In due course, Pascua interposed the present petition for certiorari contending (1) that the court a quo erred in holding that Pascua failed to redeem the property within one year from the receipt of the decision in the annulment case, there being no legal and factual basis thereof; and (2) assuming that Pascua has incurred in such failure, the court a quo erred in vesting the title of the property in Verzosa without the corresponding appropriate action and without due process of law.
There is merit in the contention that the court a quo erred in holding that petitioner has failed to redeem the property within the period of one year from the date the decision in the annulment case has become final for there is indeed no such period fixed either in the body of said decision, nor in its dispositive part, as we have quoted elsewhere in this decision. Verily, that was the intention of the court when it allowed petitioner to redeem the property upon payment of the sum of P20,100.00, plus interest thereon from date of the sale until the redemption is made, but it overlooked to specify or mention the period within which the redemption should be effected. There being no such specification, it is unfair to hold petitioner delinquent in exercising the option given to her when the period for doing so is not stated. As a matter of fact, petitioner was of the impression that her right to redeem could be exercised within what she believed to be a reasonable period of time, and at the time the motion for vesting was filed in court she had almost completed negotiation to obtain the money with which she expected to effect the redemption.

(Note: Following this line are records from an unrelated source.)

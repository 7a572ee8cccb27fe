//! Rules that are built in, as entries of a session.

mod builtin;
mod dict_fn;
mod struct_cast;

pub use builtin::{BuiltinKind, BuiltinRule, RegisteredBuiltin, builtin_rules};
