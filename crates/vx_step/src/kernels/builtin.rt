//! The kernels that are built in, and which of them answers.

ghost use Rattle.std.specs.Prelude.{◌≡◌, ◌≤◌, IfOk};
ghost use Rattle.vx_value.specs.Errors.{OnlyOutOfMemory};
ghost use Rattle.vx_step.specs.Kernels.{builtin_kernels, kernel_spent_after, IsKernelAnswer, StandsExactly, KernelAnswers};

use crate::kernels::{bool_binary, dict_over_filter};
use std::alloc::Global;
use vx_rule::Spent;
use vx_tree::ArrayRef;
use vx_value::{Id, VortexResult};

/// The kernels that are built in. (own)
#[derive(Clone, Copy, Debug)]
pub enum BuiltinKernelKind {
    /// A dictionary over a filter is one over the filter's child, if its codes are a column and each is null or names a row.
    DictOverFilter,
    /// And and Or of columns of booleans without validities are computed at once.
    BoolBinary,
}

/// A kernel that is built in, with the ids of the parents and of the children for which a session has it. (own)
#[derive(Clone, Copy, Debug)]
pub struct RegisteredBuiltinKernel {
    pub parent: Id,
    pub child: Id,
    pub kind: BuiltinKernelKind,
}

/// The kernels of a session with built-ins.
const BUILTIN_KERNELS: &[RegisteredBuiltinKernel] = &[
    RegisteredBuiltinKernel {
        parent: Id::Dict,
        child: Id::Filter,
        kind: BuiltinKernelKind::DictOverFilter,
    },
    RegisteredBuiltinKernel {
        parent: Id::Binary,
        child: Id::Bool,
        kind: BuiltinKernelKind::BoolBinary,
    },
];

/// Returns the kernels of a session with built-ins, in the order of registration. (own)
pub fn builtin_kernels() -> &'static [RegisteredBuiltinKernel]
    ensures { result.now ≡ builtin_kernels }
{
    BUILTIN_KERNELS
}

/// A kernel that is built in, and what its answers cost so far. Never refuses. (own)
#[derive(Debug, Drop)]
pub struct BuiltinKernel {
    kind: BuiltinKernelKind,
    spent: Spent,
}

impl BuiltinKernel {
    /// Returns the kernel `kind`, which has answered nothing yet. (own)
    pub fn new(kind: BuiltinKernelKind) -> BuiltinKernel
        ensures kind { result.kind ≡ kind }
        ensures spent { result.spent.total ≡ 0 }
    {
        BuiltinKernel {
            kind,
            spent: Spent::new(),
        }
    }

    /// Returns the answer for `filled`, whose slot `slot` was executed, counted from 0: `None` exactly if the kernel declines.
    /// An answer has just the rows of `filled`, those without a value included. Fails only with `OutOfMemory`.
    pub fn ask(
        &mut self,
        alloc: Global,
        filled: &ArrayRef,
        slot: usize,
    ) -> VortexResult<Option<ArrayRef>>
        ensures answer { IfOk result (IsKernelAnswer self.old.kind slot filled.now) }
        ensures stands { IfOk result (StandsExactly filled.now) }
        ensures err { OnlyOutOfMemory result }
        ensures kind { self.new.kind ≡ self.old.kind }
        ensures spent_kept { self.old.spent.total ≤ self.new.spent.total }
        ensures spent { self.new.spent.total ≡ kernel_spent_after self.old.spent.total result }
    {
        let answer = self.kind.answer(alloc, filled, slot)?;
        if let Some(tree) = &answer {
            self.spent.answered(tree);
        }
        Ok(answer)
    }

    /// Returns what the answers cost so far: 1 plus its tree's weight for each. Stays at `u64::MAX`.
    pub fn spent(&self) -> u64
        ensures { result ≡ self.now.spent.total }
    {
        self.spent.count()
    }
}

impl BuiltinKernelKind {
    /// Returns the answer for `filled`, whose slot `slot` was executed: a line for each kernel.
    fn answer(self, alloc: Global, filled: &ArrayRef, slot: usize) -> VortexResult<Option<ArrayRef>>
        ensures { KernelAnswers self slot filled.now result }
    {
        match self {
            BuiltinKernelKind::DictOverFilter => dict_over_filter::answer(alloc, filled, slot),
            BuiltinKernelKind::BoolBinary => bool_binary::answer(alloc, filled, slot),
        }
    }
}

Assuming that petitioner has been delinquent in exercising her option within the period which in the opinion of the court she should have exercised it, still we are of the opinion that the court a quo erred in vesting in respondent the title of the property outright without taking the necessary appropriate action for that purpose, or without due process of law, since petitioner, at the time the motion was filed, was then the owner of the property in view oi the annulment of the sale executed by the sheriff in favor of respondent in the annulment ease instituted by petitioner against respondent. Note that what was ordered by the court a quo in said case was to allow petitioner to redeem the property upon payment of the sum of P20,100.00 which is contrary to its decision annulling the deed of sale in favor of respondent. The most, therefore, that respondent could do upon failure of petitioner to pay the above amount, was to ask the execution of the decision, and not the vesting of title to the property in her, as the court did. The only right of respondent in the premises was merely to collect the amount of the loan, plus the interest due thereon, which can be effected by filing a motion for execution in the annulment case. This respondent can still do.
Wherefore, petition is granted. The order of respondent court dated February 6, 1962 is hereby set aside. Costs against respondent Verzosa.
Bengzon, C. J., Padilla, Labrador, Concepcion, Reyes, J. B. L., Barrera, Paredes, Dizon, Regala and Makalintal, JJ., concur.